Copy exactly, please, the lines of the data from its start through the line containing "to be removed.".

◆ **DATA UNDER STUDY**
* * * * *

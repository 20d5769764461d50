// The dispatcher's part.
#![tactic(auto)]

ghost use Rattle.dispatch.specs.Handed.{Handed};

// The rest of the start list or of the round list, as a part of the list that is lent.
pub fn rest<'a>(start: &'a [u16], round: &'a [u16], done: u64) -> &'a [u16]
    ensures { Handed start.entry round.entry done result }
{
    let fired = done as usize;
    if fired < start.len() {
        return &start[fired..];
    }
    if round.is_empty() {
        return round;
    }
    &round[(fired - start.len()) % round.len()..]
}
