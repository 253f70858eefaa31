//! Brings the rows of neighbours to the chip: the operations of NEIGH_TABLE.
#![tactic(auto)]

mod flight;
mod left;
mod starting;

pub use flight::NeighFlight;
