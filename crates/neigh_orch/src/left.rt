// How far the operation of a neighbour is.

/// What of a neighbour and its next hop is still to be made, or still to be removed.
#[derive(Clone, Copy, Debug)]
pub enum Left {
    /// Both.
    Both,
    /// The one that comes second.
    One,
    /// Neither.
    Neither,
}
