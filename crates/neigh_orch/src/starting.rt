// How the operation of a neighbour starts.
ghost use Rattle.std.specs.Prelude.{◌≡◌, None, Some, option_map, IfOk, OnErr};
ghost use Rattle.orch_flight.specs.Sharing.{MayStart};
ghost use Rattle.orch_flight.specs.Starting.{IsBegunBy, in_default};

use orch_flight::{start_row, try_remove};
use ref_counts::{Registry, Room};
use sai_types::{KINDS, KindCounts};
use switch_model::Wait;
use swss_types::{IfName, Ip, OutOfMemory};
use table_schema::{Key, PortPlan, Row};

/// A neighbour that is made takes a place of its kind, and one of a next hop.
const MADE: KindCounts = [0, 0, 0, 0, 0, 0, 0, 1, 1, 0, 0, 0];

/// A neighbour whose Ethernet address is set takes none.
const SET: KindCounts = [0; KINDS];

/// Starts the operation of a neighbour that is added.
pub fn add(
    _plan: &PortPlan,
    reg: &mut Registry,
    room: &mut Room,
    used: &KindCounts,
    worker: u32,
    on: IfName,
    ip: &Ip,
    _new: &Row,
) -> Result<Result<(), Wait>, OutOfMemory>
    requires may { MayStart _plan.now reg.old worker (Key.Neigh on ip.now) None (in_default (Some _new.now)) }
    ensures begun { IfOk result (λ answer. IsBegunBy _plan.now reg.old room.old used.now worker (Key.Neigh on ip.now) None (in_default (Some _new.now)) answer reg.new room.new) }
    ensures err { OnErr result (reg.new ≡ reg.old) }
    ensures err_room { OnErr result (room.new ≡ room.old) }
{
    let key = Key::Neigh(on, *ip);
    start_row(
        reg,
        room,
        used,
        worker,
        &key,
        &[Key::Intf(on)],
        false,
        &None,
        &MADE,
    )
}

/// Starts the operation of a neighbour whose Ethernet address changes.
pub fn change(
    _plan: &PortPlan,
    reg: &mut Registry,
    room: &mut Room,
    used: &KindCounts,
    worker: u32,
    on: IfName,
    ip: &Ip,
    _old: &Row,
    _new: &Row,
) -> Result<Result<(), Wait>, OutOfMemory>
    requires may { MayStart _plan.now reg.old worker (Key.Neigh on ip.now) (in_default (Some _old.now)) (in_default (Some _new.now)) }
    ensures begun { IfOk result (λ answer. IsBegunBy _plan.now reg.old room.old used.now worker (Key.Neigh on ip.now) (in_default (Some _old.now)) (in_default (Some _new.now)) answer reg.new room.new) }
    ensures err { OnErr result (reg.new ≡ reg.old) }
    ensures err_room { OnErr result (room.new ≡ room.old) }
{
    let key = Key::Neigh(on, *ip);
    start_row(
        reg,
        room,
        used,
        worker,
        &key,
        &[Key::Intf(on)],
        true,
        &None,
        &SET,
    )
}

/// Starts the operation of a neighbour that is removed.
pub fn remove(
    _plan: &PortPlan,
    reg: &mut Registry,
    room: &Room,
    used: &KindCounts,
    worker: u32,
    on: IfName,
    ip: &Ip,
    _old: &Row,
) -> Result<Result<(), Wait>, OutOfMemory>
    requires may { MayStart _plan.now reg.old worker (Key.Neigh on ip.now) (in_default (Some _old.now)) None }
    ensures begun { IfOk result (λ answer. IsBegunBy _plan.now reg.old room.now used.now worker (Key.Neigh on ip.now) (in_default (Some _old.now)) None answer reg.new room.now) }
    ensures err { OnErr result (reg.new ≡ reg.old) }
{
    try_remove(reg, worker, &Key::Neigh(on, *ip))
}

* * * * *

◆ **SOLUTION TO THE EXERCISE**
repository 20d5769764461d50
// The dispatcher's part.
#![tactic(auto)]

ghost use Rattle.dispatch.specs.Handed.{Handed};

// The rest of the start list or of the round list, as a part of the list that is lent.
pub fn rest<'a>(start: &'a [u16], round: &'a [u16], done: u64) -> &'a [u16]
    ensures { Handed start.entry round.entry done result }
{
    let fired = done as usize;
    if fired < start.len() {
        return &start[fired..];
    }
    if round.is_empty() {
        return round;
    }
    &round[(fired - start.len()) % round.len()..]
}
repository 253f70858eefaa31
//! Brings the rows of neighbours to the chip: the operations of NEIGH_TABLE.
#![tactic(auto)]

mod flight;
mod left;
mod starting;

pub use flight::NeighFlight;
filename crates/neigh_orch/src/left.rt
// How far the operation of a neighbour is.

/// What of a neighbour and its next hop is still to be made, or still to be removed.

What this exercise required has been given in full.